BEGIN Exercise materials
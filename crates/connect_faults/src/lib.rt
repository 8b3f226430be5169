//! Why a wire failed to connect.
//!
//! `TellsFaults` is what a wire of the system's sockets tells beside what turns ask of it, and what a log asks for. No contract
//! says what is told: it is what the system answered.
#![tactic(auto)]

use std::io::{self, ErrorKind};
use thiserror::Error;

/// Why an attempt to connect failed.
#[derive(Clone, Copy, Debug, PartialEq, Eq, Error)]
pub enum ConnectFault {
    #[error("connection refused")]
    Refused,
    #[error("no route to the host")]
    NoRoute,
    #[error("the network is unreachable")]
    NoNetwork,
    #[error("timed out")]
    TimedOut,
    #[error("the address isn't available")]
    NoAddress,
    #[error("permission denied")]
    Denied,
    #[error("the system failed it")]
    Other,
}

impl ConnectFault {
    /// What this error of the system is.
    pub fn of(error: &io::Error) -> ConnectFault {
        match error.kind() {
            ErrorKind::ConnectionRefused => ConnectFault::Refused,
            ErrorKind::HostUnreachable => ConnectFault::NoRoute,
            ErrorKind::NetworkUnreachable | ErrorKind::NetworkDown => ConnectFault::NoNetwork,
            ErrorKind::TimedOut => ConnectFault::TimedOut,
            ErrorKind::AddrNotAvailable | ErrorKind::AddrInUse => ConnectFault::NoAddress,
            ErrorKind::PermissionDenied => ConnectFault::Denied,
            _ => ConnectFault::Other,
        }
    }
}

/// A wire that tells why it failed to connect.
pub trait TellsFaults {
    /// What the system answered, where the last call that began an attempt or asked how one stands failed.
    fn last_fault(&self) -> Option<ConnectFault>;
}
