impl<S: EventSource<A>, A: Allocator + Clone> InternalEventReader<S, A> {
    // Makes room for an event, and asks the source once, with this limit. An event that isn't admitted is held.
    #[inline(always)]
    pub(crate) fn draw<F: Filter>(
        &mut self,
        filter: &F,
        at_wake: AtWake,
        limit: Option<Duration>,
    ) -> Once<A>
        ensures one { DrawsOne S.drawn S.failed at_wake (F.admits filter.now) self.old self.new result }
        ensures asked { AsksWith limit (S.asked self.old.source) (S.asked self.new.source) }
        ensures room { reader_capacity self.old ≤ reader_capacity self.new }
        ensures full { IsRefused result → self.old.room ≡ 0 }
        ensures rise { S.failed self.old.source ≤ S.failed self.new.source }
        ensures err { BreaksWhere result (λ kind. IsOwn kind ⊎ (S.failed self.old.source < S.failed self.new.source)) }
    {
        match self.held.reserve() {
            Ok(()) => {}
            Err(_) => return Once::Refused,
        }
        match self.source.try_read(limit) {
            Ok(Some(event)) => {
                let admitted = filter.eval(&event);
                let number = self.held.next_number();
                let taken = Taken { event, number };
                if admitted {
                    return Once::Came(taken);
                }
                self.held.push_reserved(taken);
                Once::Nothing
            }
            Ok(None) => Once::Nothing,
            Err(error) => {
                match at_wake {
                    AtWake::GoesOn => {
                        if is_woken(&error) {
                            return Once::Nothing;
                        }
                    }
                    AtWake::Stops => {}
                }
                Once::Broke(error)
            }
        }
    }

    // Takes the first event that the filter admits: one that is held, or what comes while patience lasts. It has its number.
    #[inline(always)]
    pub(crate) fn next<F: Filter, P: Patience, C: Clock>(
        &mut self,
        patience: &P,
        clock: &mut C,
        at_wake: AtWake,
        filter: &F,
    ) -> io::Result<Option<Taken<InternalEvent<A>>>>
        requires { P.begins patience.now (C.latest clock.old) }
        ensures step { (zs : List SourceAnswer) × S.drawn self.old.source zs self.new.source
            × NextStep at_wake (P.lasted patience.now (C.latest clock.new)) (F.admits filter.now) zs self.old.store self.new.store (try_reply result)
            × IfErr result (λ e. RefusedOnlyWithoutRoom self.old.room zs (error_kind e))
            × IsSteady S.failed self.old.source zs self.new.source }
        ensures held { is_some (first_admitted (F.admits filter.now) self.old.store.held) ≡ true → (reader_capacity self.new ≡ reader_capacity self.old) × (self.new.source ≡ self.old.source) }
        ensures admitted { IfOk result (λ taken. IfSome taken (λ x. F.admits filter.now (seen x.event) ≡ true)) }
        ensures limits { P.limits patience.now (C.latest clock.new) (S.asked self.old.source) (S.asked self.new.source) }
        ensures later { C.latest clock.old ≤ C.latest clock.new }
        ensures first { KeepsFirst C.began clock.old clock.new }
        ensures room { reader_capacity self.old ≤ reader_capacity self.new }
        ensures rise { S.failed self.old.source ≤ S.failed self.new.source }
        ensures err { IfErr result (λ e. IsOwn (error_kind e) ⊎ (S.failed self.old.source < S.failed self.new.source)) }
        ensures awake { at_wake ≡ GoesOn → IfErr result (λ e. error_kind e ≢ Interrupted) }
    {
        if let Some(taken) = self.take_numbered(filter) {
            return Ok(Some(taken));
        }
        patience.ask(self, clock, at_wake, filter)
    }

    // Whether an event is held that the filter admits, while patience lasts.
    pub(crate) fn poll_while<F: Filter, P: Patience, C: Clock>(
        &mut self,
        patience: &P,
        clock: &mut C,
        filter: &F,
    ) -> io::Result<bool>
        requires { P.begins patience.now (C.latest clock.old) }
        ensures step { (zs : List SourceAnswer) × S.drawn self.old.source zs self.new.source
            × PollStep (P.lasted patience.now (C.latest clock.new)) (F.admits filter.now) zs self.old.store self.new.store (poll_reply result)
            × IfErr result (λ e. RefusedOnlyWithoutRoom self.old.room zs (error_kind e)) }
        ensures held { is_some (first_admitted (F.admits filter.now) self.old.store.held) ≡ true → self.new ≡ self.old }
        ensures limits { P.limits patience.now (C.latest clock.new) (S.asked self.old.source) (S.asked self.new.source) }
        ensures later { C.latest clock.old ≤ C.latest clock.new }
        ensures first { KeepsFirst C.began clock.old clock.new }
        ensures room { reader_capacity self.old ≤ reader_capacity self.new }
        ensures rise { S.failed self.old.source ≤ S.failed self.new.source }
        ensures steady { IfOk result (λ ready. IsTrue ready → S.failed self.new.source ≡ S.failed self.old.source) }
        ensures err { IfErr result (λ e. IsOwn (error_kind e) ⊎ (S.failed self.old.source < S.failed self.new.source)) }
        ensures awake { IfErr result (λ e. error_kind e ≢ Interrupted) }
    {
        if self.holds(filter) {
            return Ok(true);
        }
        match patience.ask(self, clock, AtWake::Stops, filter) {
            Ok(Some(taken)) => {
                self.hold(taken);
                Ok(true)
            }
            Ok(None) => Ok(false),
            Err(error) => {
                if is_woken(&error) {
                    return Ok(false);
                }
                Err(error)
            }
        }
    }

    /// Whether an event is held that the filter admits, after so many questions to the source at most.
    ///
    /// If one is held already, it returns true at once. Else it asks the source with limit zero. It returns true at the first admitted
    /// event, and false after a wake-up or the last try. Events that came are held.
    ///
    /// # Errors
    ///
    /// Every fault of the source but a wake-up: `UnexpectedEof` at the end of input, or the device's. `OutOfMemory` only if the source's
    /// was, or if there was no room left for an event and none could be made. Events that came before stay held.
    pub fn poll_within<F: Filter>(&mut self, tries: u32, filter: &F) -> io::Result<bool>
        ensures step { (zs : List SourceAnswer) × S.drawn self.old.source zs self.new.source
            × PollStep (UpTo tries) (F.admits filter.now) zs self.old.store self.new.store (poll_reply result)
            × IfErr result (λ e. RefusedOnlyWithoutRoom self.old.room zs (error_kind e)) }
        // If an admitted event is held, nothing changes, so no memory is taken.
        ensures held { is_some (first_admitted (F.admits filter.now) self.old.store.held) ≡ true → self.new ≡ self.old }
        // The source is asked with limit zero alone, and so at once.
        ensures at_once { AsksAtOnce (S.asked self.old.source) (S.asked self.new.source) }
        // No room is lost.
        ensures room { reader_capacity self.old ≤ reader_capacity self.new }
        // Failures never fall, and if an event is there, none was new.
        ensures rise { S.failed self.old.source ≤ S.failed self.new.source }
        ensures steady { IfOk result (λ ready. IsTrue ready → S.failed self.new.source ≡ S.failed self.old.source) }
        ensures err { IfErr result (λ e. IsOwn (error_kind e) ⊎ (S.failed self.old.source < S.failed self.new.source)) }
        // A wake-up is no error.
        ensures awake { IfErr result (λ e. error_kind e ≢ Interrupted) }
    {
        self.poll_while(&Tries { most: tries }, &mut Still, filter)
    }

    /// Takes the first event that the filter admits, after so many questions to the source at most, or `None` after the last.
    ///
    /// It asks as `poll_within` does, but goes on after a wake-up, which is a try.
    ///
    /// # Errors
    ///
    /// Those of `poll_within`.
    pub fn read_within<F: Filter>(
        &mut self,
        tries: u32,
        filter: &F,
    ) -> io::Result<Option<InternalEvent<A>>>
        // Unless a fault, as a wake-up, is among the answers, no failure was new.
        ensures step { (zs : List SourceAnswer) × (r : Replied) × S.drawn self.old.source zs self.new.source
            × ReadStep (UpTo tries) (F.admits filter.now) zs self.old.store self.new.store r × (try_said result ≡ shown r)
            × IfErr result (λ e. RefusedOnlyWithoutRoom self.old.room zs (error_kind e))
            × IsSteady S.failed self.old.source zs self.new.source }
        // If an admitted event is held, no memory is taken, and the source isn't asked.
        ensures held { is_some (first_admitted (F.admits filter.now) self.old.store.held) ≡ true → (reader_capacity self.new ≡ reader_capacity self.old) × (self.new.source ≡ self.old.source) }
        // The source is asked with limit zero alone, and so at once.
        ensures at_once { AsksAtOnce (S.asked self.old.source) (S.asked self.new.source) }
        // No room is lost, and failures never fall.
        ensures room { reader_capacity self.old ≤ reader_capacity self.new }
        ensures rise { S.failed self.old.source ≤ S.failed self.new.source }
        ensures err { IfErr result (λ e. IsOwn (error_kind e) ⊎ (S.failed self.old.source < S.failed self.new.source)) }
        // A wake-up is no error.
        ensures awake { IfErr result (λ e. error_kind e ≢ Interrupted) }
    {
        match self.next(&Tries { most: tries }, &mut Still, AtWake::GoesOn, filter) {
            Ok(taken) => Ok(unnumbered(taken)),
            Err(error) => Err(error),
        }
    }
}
END Exercise materials
What lines of the listing above hold "false"? Copy all of them.

*Solution to the problem*:
            Ok(None) => Ok(false),
                    return Ok(false);
    /// event, and false after a wake-up or the last try. Events that came are held.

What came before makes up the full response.